SINGAPORE, Feb 27 (Reuters) - Iron ore futures closed lower on Thursday, weighed down by rising tariffs on Chinese steel, although solid demand for the steelmaking ingredient in top consumer China cushioned the downward trend.

The most-traded May iron ore contract on China's Dalian Commodity Exchange (DCE) ended daytime trading down 0.8% at 805 yuan (US$ 110.77) a metric tonne.

Benchmark iron ore for March on the Singapore Exchange was trading down 0.93% at US$104.9 a tonne.

The outlook for Chinese steel exports is uncertain as more countries impose tariffs on Chinese steel products.

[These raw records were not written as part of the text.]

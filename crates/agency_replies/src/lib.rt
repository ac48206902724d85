//! What the reply to a submission says of its batch: that it isn't the batch's own, that a record came before, or the
//! line of each record. Whoever sent the batch is in doubt after the first two, and asks the agency before it sends
//! anything again.
//!
//! - `sorting`: a reply, sorted
//!
//! Left to others: what is done after a reply (`sender`).
#![tactic(auto)]

mod sorting;

pub use sorting::{Sorted, sort_reply};
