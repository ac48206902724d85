//! A reply, sorted.
ghost use Rattle.std.specs.Prelude.{◌≡◌, ◌≤◌, length, map, IfOk, MatchResult};
ghost use Rattle.agency_port.specs.declared.answers.ReplyLine.TheVariants.{First};
ghost use Rattle.agency_replies.specs.Sorting.{SortedAs, IsFirstAgain};
ghost use Rattle.pacing.specs.declared.pace.TheConstants.{MAX_BATCH};

use agency_port::{Reply, ReplyLine};
use batches::Batch;
use ports::NoMemory;
use record_fields::Lines;
use std::alloc::Global;

/// What a reply is to its batch.
#[derive(Drop)]
pub enum Sorted {
    /// It doesn't name the batch's Huellas, in order.
    Stale,
    /// The first record, counted from 0, that came before.
    Doubt { index: u32 },
    /// All records are new, and these are their lines.
    All(Lines),
}

// The lines of at most `MAX_BATCH` answers, or the first one that is no line.
fn sort_lines(alloc: Global, lines: &[ReplyLine]) -> Result<Result<Lines, u32>, NoMemory>
    requires { length lines.now ≤ MAX_BATCH }
    ensures { IfOk result (λ sorted. MatchResult sorted (λ first. lines.now ≡ map First first) (IsFirstAgain lines.now)) }
{
    let mut first = Vec::new(alloc);
    for i in 0..lines.len() {
        match lines[i] {
            ReplyLine::First(line) => first.push(line)?,
            ReplyLine::Duplicado(_) => return Ok(Err(i as u32)),
        }
    }
    Ok(Ok(Lines::of(first)))
}

/// Sorts the reply to a batch: stale exactly where it doesn't name the batch's Huellas in order; else in doubt at the first
/// `Duplicado`, counted from 0; else all records are new, with their lines.
pub fn sort_reply(alloc: Global, batch: &Batch, reply: &Reply) -> Result<Sorted, NoMemory>
    //= A reply is stale exactly where it doesn't name the batch's Huellas in order, else in doubt at its first
    //= duplicate, else its lines.
    ensures { IfOk result (SortedAs batch.now reply.now) }
{
    if !reply.huellas().are_of(batch.as_slice()) {
        return Ok(Sorted::Stale);
    }
    match sort_lines(alloc, reply.lines().as_slice())? {
        Ok(lines) => Ok(Sorted::All(lines)),
        Err(index) => Ok(Sorted::Doubt { index }),
    }
}
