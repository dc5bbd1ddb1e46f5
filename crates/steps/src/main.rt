// Reads a book of codes from standard input and prints their steps, or why the book is refused.
// Ends with status 1 on a refusal. Reads at most one byte more than a book may have, so that no input makes it run on.

#![tactic(auto)]

ghost use Rattle.std.specs.Prelude.{◌≤◌, length, IfOk};

use listing::listing;
use std::io;
use std::io::{Read, Write};
use std::process::ExitCode;

fn main(rt: HostRuntime) -> io::Result<ExitCode> {
    let mut text = [0u8; 4097];
    let size = read_up_to(&mut rt.stdin(), &mut text)?;
    let (lines, status) = match listing(&text[..size]) {
        Ok(lines) => (lines, ExitCode::SUCCESS),
        Err(lines) => (lines, ExitCode::FAILURE),
    };
    rt.stdout().write_all(lines.as_bytes())?;
    Ok(status)
}

// Reads until the buffer is full or the input ends, and answers how many bytes came. Not by `read_to_end`: it allocates, which
// can fail, and begins with a short read, which loses the rest of a packet.
fn read_up_to<R: Read>(input: &mut R, buffer: &mut [u8]) -> io::Result<usize>
    ensures { IfOk result (λ n. n ≤ length buffer.new) }
{
    let mut filled = 0;
    while filled < buffer.len() {
        let more = input.read(&mut buffer[filled..])?;
        if more == 0 {
            return Ok(filled);
        }
        filled += more;
    }
    Ok(filled)
}
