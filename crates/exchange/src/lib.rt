// "Withdrawn pages" (02): models wrapped for exchange. Which of two wrapped records stands, and which record of a file; the one
// that stands is handed back as the caller's own bytes. Nothing is copied, and each model is read once.
#![tactic(auto)]

ghost use Rattle.std.specs.Prelude.{◌≡◌, cond, ◌+◌, ◌≤◌, length, take, drop};
ghost use Rattle.schedule.specs.Rule.{first_break};
ghost use Rattle.schedule.specs.Answers.{answer};
ghost use Rattle.schedule.specs.Exchange.{series, issue, withdrawn, wrapped, unbroken, wrapper_rule, series_rule, copy_rule};
ghost use Rattle.schedule.specs.Exchange.{record_rules, outranks, pair_answer, pair_bytes, HandsBack, record_end};
ghost use Rattle.schedule.specs.Exchange.{file_answer, file_bytes, handed_from};
ghost use Rattle.schedule.specs.Lent.{LiesAt};
ghost use Rattle.schedule.specs.Model.{model_form};
ghost use Rattle.schedule.specs.Numbers.{standing_numbers, chosen_numbers};
ghost use Rattle.exchange.specs.Compares.{compared_numbers};

use records::model;
use schedule::{Chosen, Part, Side, Standing, WrapRefusal, WrapRefused};

// ---- one record: "4-byte length, version byte 1, series (4 bytes), issue (2), withdrawn (0 or 1), then the model record"

// How many bytes stand before the model.
const WRAPPER: usize = 12;

// The series, four bytes behind the length and the version.
fn series(w: &[u8]) -> u32
    ensures { result ≡ series w.now }
{
    fields::be32(w, 5)
}

// The issue, two bytes behind the series.
fn issue(w: &[u8]) -> u16
    ensures { result ≡ issue w.now }
{
    fields::be16(w, 9)
}

// The flag behind the issue: 1 of a withdrawn record, 0 of a live one.
fn withdrawn(w: &[u8]) -> u8
    ensures { result ≡ withdrawn w.now }
{
    fields::byte(w, 11)
}

// The model in a wrapped record is not refused.
fn model_holds(w: &[u8]) -> bool
    requires { 12 ≤ length w.now }
    ensures { result ≡ unbroken (first_break (model_form (wrapped w.now))) }
{
    model::read(&w[WRAPPER..]).is_ok()
}

// 54 "a wrapper whose length .., version or flag is wrong or whose model is refused"; its length is the bytes given. Test by test,
// since the model may be read only where there are 12 bytes.
fn wrapper_holds(w: &[u8]) -> bool
    ensures { result ≡ (wrapper_rule w.now).test 0 0 }
{
    if w.len() < WRAPPER {
        return false;
    }
    if fields::be32(w, 0) as usize != w.len() {
        return false;
    }
    if fields::byte(w, 4) != 1 {
        return false;
    }
    if 1 < withdrawn(w) {
        return false;
    }
    model_holds(w)
}

// ---- one record beside the one standing so far

// 55 "two series"
fn series_holds(x: &[u8], w: &[u8]) -> bool
    ensures { result ≡ (series_rule x.now w.now).test 0 0 }
{
    series(w) == series(x)
}

// 56 "equal series, issue and flag with other bytes"; behind 55 the series is equal already.
fn copy_holds(x: &[u8], w: &[u8]) -> bool
    ensures { result ≡ (copy_rule x.now w.now).test 0 0 }
{
    (series(w), issue(w), withdrawn(w)) != (series(x), issue(x), withdrawn(x)) || w == x
}

// "the higher issue stands; at equal issue the withdrawn one stands over the live one"
fn outranks(x: &[u8], y: &[u8]) -> bool
    ensures { result ≡ outranks x.now y.now }
{
    (issue(y), withdrawn(y)) < (issue(x), withdrawn(x))
}

// Record w beside x, the one standing so far: 54, "then 55 .. then 56", then whether it outranks that one.
fn compare(x: &[u8], w: &[u8]) -> Result<bool, WrapRefusal>
    ensures { compared_numbers result
        ≡ answer (first_break (record_rules x.now w.now)) (outranks w.now x.now) }
{
    if !wrapper_holds(w) {
        return Err(WrapRefusal::Wrapper);
    }
    if !series_holds(x, w) {
        return Err(WrapRefusal::Series);
    }
    if !copy_holds(x, w) {
        return Err(WrapRefusal::Copy);
    }
    Ok(outranks(w, x))
}

// ---- a pair

// Which of two wrapped records stands, "the first where both are equal".
pub fn which_stands(first: &[u8], second: &[u8]) -> Standing
    ensures { standing_numbers result ≡ pair_answer first.now second.now }
{
    if !wrapper_holds(first) {
        return Err(WrapRefused {
            why: WrapRefusal::Wrapper,
            index: 0,
        });
    }
    match compare(first, second) {
        Ok(true) => Ok(Side::Second),
        Ok(false) => Ok(Side::First),
        Err(why) => Err(WrapRefused { why, index: 1 }),
    }
}

// The slice that an answer about a pair names, or an empty part.
fn named<'a>(found: Standing, first: &'a [u8], second: &'a [u8]) -> &'a [u8]
    ensures { HandsBack (standing_numbers found) first.entry second.entry result }
{
    match found {
        Ok(Side::First) => first,
        Ok(Side::Second) => second,
        Err(_) => &first[0..0],
    }
}

// "Hand back the one that stands as the caller's own bytes, the first where both are equal; a refusal hands back an empty part".
pub fn stands<'a>(first: &'a [u8], second: &'a [u8]) -> &'a [u8]
    ensures { (result.now ≡ pair_bytes first.now second.now)
        × HandsBack (pair_answer first.now second.now) first.entry second.entry result }
{
    named(which_stands(first, second), first, second)
}

// ---- a file

// Where the first record of what is left ends: behind as many bytes as its length says, or at the end where that is under 12
// or past it. A byte past the end counts as 0, so fewer than 4 bytes are never a length of 12 or more that lies within them.
fn record_end(rest: &[u8]) -> usize
    ensures { result ≡ record_end rest.now }
{
    let n = rest.len();
    let said = fields::be32(rest, 0) as usize;
    if said < WRAPPER {
        return n;
    }
    if n < said {
        return n;
    }
    said
}

// The record that begins at a place of a file.
fn record_at(file: &[u8], index: usize, offset: usize) -> Part
    requires { offset ≤ length file.now }
    ensures { result ≡ record { index = index; offset = offset; length = record_end (drop offset file.now) } }
{
    Part {
        index,
        offset,
        length: record_end(&file[offset..]),
    }
}

// The bytes of a part of a file.
fn bytes_of(file: &[u8], x: Part) -> &[u8]
    requires { x.offset + x.length ≤ length file.now }
    ensures { (result.now ≡ take x.length (drop x.offset file.now)) × LiesAt file.entry x.offset result }
{
    &file[x.offset..x.offset + x.length]
}

// The new record where it is above the old one, else the old one.
fn upper(above: bool, old: Part, new: Part) -> Part
    ensures { result ≡ cond above new old }
{
    if above { new } else { old }
}

// "choose along it, each against the one standing so far, and stop at the first refusal". A file without bytes is refused as a
// record without bytes is.
pub fn choose(file: &[u8]) -> Chosen
    ensures { chosen_numbers result ≡ file_answer file.now }
{
    let mut standing = record_at(file, 0, 0);
    if !wrapper_holds(bytes_of(file, standing)) {
        return Err(WrapRefused {
            why: WrapRefusal::Wrapper,
            index: 0,
        });
    }
    // The place moves on by a record's length, so it is no range.
    let mut at = standing.length;
    let mut index = 1;
    while at < file.len() {
        let next = record_at(file, index, at);
        match compare(bytes_of(file, standing), bytes_of(file, next)) {
            Ok(above) => standing = upper(above, standing, next),
            Err(why) => return Err(WrapRefused { why, index }),
        }
        at += next.length;
        index += 1;
    }
    Ok(standing)
}

// The chosen record as a part of the file, or an empty part.
pub fn chosen(file: &[u8]) -> &[u8]
    ensures { (result.now ≡ file_bytes file.now)
        × LiesAt file.entry (handed_from (file_answer file.now)) result }
{
    match choose(file) {
        Ok(x) => bytes_of(file, x),
        Err(_) => &file[0..0],
    }
}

Following US President Donald Trump's decision earlier this month to impose tariffs of 25% on all steel products, Vietnam has announced a temporary anti-dumping duty on Chinese steel, with South Korea provisionally deciding to impose tariffs of up to 38% on imports of Chinese steel sheets.

The EU is also considering restrictions on steel imports following Trump's tariff threats.

Still, daily crude steel output in mid-February among mills member of the China Iron and Steel Association (CISA) hit a seven-month high of 2.15 million tonnes, Chinese consultancy Mysteel said, citing CISA statistics.

In addition, imported iron ore sinter fines stocks fell by 3.8% on the week, indicating higher consumption of the steel raw material, Mysteel said in a separate note.

Steel benchmarks on the Shanghai Futures Exchange rose. Rebar rose nearly 0.5%, hot-rolled coil rose 0.35%, wire rod rose 0.54% and stainless steel gained 0.69%.

Other steelmaking ingredients in the DCE gained ground, with coking coal and coke rising 0.87% and 0.75%, respectively.